← selected work / case study

Dependency Explanations: LLM agents that earn trust

$Summary — An LLM agent harness over 16 purpose-built tools that investigates every service-dependency edge and writes a human-readable explanation with a risk classification. Near-100% coverage at ~$0.15 per pair. Details simplified for public sharing.

Context

The canonical dependency graph answers what depends on what. It can't answer the question engineers actually ask during reviews and incidents: why does this dependency exist, and is it safe to remove? Answering that manually means reading code, configs, and traffic samples — twenty minutes per edge, across hundreds of thousands of edges. It never happened.

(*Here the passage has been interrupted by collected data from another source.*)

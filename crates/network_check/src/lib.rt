// Checking a network against a request: the refusals of the request, 13 for the form, then the rows from the lowest.
//
// A row's closed switches are found once. On an on row the terminals within t switches of the sink are found for t = 0 to M; on
// an off row the nets at the two ends of each closed switch are merged, one switch after the other, and the source and the sink
// must stay apart. Merging needs no bound on the length of a walk. A free row is right in any case.
#![tactic(auto)]

ghost use Rattle.std.specs.Prelude.{◌≡◌, true, false, ℕ, ◌+◌, ◌*◌, ◌^◌, ◌≤◌, ◌<◌, get_or};
ghost use Rattle.request.specs.Numbers.{switches_most};
ghost use Rattle.rows.specs.Rows.{literal_value, row_at};
ghost use Rattle.network.specs.Check.{shut_at, label_in, near_in, at_sink, leads, touching, nearer, near, move, apart, literals_low, labels_lowest, row_right, fitting, rows_answer, number_of, values_of, checked_number, checked_values, checked_of};
ghost use Rattle.network.specs.Networks.{terminals};
ghost use Rattle.network.specs.Value.{terminals_most, listed};
ghost use Rattle.network.specs.Meaning.{Means};

use network::{LITERALS, Labels, Literals, Network, TERMINALS};
use refusal::Refusal;
use request::Request;
use request::numbers::GoodRequest;
use rows::Kind;

// A mark for each terminal.
type Marks = [bool; TERMINALS];

// The nets of a network of r switches on a row: which switches are closed there, and the terminals' labels.
#[derive(Clone, Copy)]
struct Nets {
    r: u8,
    shut: [bool; LITERALS],
    labels: Labels,
    ghost few: { r ≤ switches_most },
}

impl Nets {
    // Those of a network on row k.
    fn on_row(q: GoodRequest, w: Network, k: u8) -> Nets
        ensures size { result.r ≡ q.request.r }
        ensures labels { result.labels ≡ w.labels }
        ensures shut { (s : ℕ) → s < q.request.r → get_or result.shut s false ≡ literal_value q.request.n k (get_or w.literals s 0) }
    {
        let literals = w.literals;
        let mut shut = [false; LITERALS];
        for s in 0..q.request.r as usize {
            shut[s] = rows::literal_on(q.request.n, k, literals[s]);
        }
        let labels = w.labels;
        Nets {
            r: q.request.r,
            shut,
            labels,
        }
    }

    // The terminals on the sink's net.
    fn at_sink(&self) -> Marks
        ensures { (i : ℕ) → i < terminals self.now.r → get_or result i false ≡ at_sink self.now.r (label_in self.now.labels) i }
    {
        let sink = 2 * (self.r as usize) + 1;
        let mut marks = [false; TERMINALS];
        for i in 0..sink + 1 {
            marks[i] = self.labels[i] == self.labels[sink];
        }
        marks
    }

    // Whether e is an end of a closed switch on the net of terminal i, and the switch's other end is marked.
    fn leads(&self, marked: &Marks, i: usize, e: usize) -> bool
        requires { (i < terminals_most) × (1 ≤ e) × (e ≤ 2 * self.now.r) }
        ensures { result ≡ leads self.now.r (shut_at self.now.shut) (label_in self.now.labels) (near_in marked.now) i e }
    {
        let s = (e - 1) / 2;
        self.labels[i] == self.labels[e] && self.shut[s] && marked[4 * s + 3 - e]
    }

    // Whether some closed switch leads from the net of terminal i to a terminal that is marked.
    fn touches(&self, marked: &Marks, i: usize) -> bool
        requires { i < terminals_most }
        ensures { result ≡ touching self.now.r (shut_at self.now.shut) (label_in self.now.labels) (near_in marked.now) i }
    {
        (1..2 * (self.r as usize) + 1).any(|e| self.leads(marked, i, e))
    }

    // The terminals that are marked, and those one closed switch away from one that is.
    fn one_more(&self, marked: &Marks) -> Marks
        ensures { (i : ℕ) → i < terminals self.now.r → get_or result i false ≡ nearer self.now.r (shut_at self.now.shut) (label_in self.now.labels) (near_in marked.now) i }
    {
        let mut more = *marked;
        for i in 0..2 * (self.r as usize) + 2 {
            if !marked[i] && self.touches(marked, i) {
                more[i] = true;
            }
        }
        more
    }

    // Whether a walk of at most m closed switches joins the source's net to the sink's.
    fn near_source(&self, m: u8) -> bool
        ensures { result ≡ near self.now.r (shut_at self.now.shut) (label_in self.now.labels) m 0 }
    {
        let mut marked = self.at_sink();
        for _ in 0..m {
            marked = self.one_more(&marked);
        }
        marked[0]
    }

    // The parts with part q made part p.
    fn merge(&self, parts: Labels, p: u8, q: u8) -> Labels
        ensures { (i : ℕ) → i < terminals self.now.r → get_or result i 0 ≡ move true p q (get_or parts i 0) }
    {
        let mut merged = [0; TERMINALS];
        for i in 0..2 * (self.r as usize) + 2 {
            merged[i] = if parts[i] == q { p } else { parts[i] };
        }
        merged
    }

    // Whether no walk of closed switches joins the source's net to the sink's.
    fn kept_apart(&self) -> bool
        ensures { result ≡ apart self.now.r (shut_at self.now.shut) (label_in self.now.labels) }
    {
        let count = self.r as usize;
        let mut parts = self.labels;
        for s in 0..count {
            if self.shut[s] {
                parts = self.merge(parts, parts[2 * s + 1], parts[2 * s + 2]);
            }
        }
        parts[0] != parts[2 * count + 1]
    }
}

// Whether every literal is below 2n.
fn literals_low(q: GoodRequest, literals: Literals) -> bool
    ensures { result ≡ literals_low q.request.n q.request.r (label_in literals) }
{
    (0..q.request.r as usize).all(|s| literals[s] < 2 * q.request.n)
}

// Whether every label is the lowest terminal of its net.
fn labels_lowest(q: GoodRequest, labels: Labels) -> bool
    ensures { result ≡ labels_lowest q.request.r (label_in labels) }
{
    (0..2 * (q.request.r as usize) + 2).all(|i| {
        let low = labels[i] as usize;
        low <= i && labels[low] == labels[i]
    })
}

// Whether a network has the form: the request's number of switches, and literals and labels as they have to be.
#[tactic(auto, unfolding(network::specs::Check::fitting))]
fn fits(q: GoodRequest, w: Network) -> bool
    ensures { result ≡ fitting q.request w }
{
    w.r == q.request.r && literals_low(q, w.literals) && labels_lowest(q, w.labels)
}

// Whether row k is right.
fn row_right(q: GoodRequest, w: Network, k: u8) -> bool
    requires { (fitting q.request w ≡ true) × (k < 2 ^ q.request.n) }
    ensures { result ≡ row_right q.request.r q.request.m (listed q.request.r w) (row_at q.request k) }
{
    let nets = Nets::on_row(q, w, k);
    match rows::row_kind(q.request, k) {
        Kind::On => nets.near_source(q.request.m),
        Kind::Off => nets.kept_apart(),
        Kind::Free => true,
    }
}

// The lowest wrong row of a network that has the form.
fn lowest_wrong(q: GoodRequest, w: Network) -> Option<u8>
    requires { fitting q.request w ≡ true }
    ensures { result ≡ rows_answer q.request w }
{
    (0..1u8 << q.request.n).find(|k| !row_right(q, w, *k))
}

pub fn check_network(q: Request, w: Network) -> Result<Option<u8>, Refusal>
    ensures answer { result ≡ checked_of q w }
    ensures meaning { Means q w result }
    ensures number { number_of result ≡ checked_number q w }
    ensures values { values_of result ≡ checked_values q w }
{
    let good = q.test()?;
    if !fits(good, w) {
        return Err(Refusal::NetworkForm);
    }
    Ok(lowest_wrong(good, w))
}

Approach: tools over prompts

The naive version — stuff context into a prompt, ask a model to guess — produced fluent nonsense. What worked was inverting the design: a constrained agent loop where the model's job is to investigate, not recall.

  • 16 purpose-built tools, each answering one narrow question well: who owns this service, what does the client config declare, what does sampled traffic show, where in code is the call site, what changed recently.
  • Structured output — every run ends in an explanation plus a typed risk classification, not free text.
  • Budgeted loops — the agent gets a bounded number of tool calls; ambiguity is surfaced as "low confidence," never papered over.
# the contract, simplified
explain(edge) -> {
  explanation: str,        # grounded in tool evidence, with citations
  classification: RiskTier,
  confidence: float,
  evidence: [ToolCall],    # auditable trail
}

Evals were the product

The harness only became trustworthy when the eval suite did. We built a golden set of edges with expert-verified explanations, scored every change against it, and treated regressions like test failures. Prompt tweaks, tool changes, and model upgrades all gated on evals. The discipline is boring; it is also the entire reason coverage reached ~100% without a human reviewing every output.

Getting to ~$0.15 a pair

  • Prompt caching for the static harness preamble and tool schemas.
  • Model routing — a small model handles easy edges; escalation to a larger model only on low confidence.
  • Evidence reuse — tool results are cached across edges that share a service.

Impact

  • Near-100% of dependency edges carry a current, grounded explanation.
  • Risk classifications feed the protection program and the fault-injection loop.
  • Incident responders read the explanation instead of paging the owning team at 3am.

Lessons

Agents earn trust through tools and evals, not model choice. Every hour spent making a tool's output cleaner beat an hour of prompt engineering. And structured output with an auditable evidence trail is what let humans trust — and debug — the system.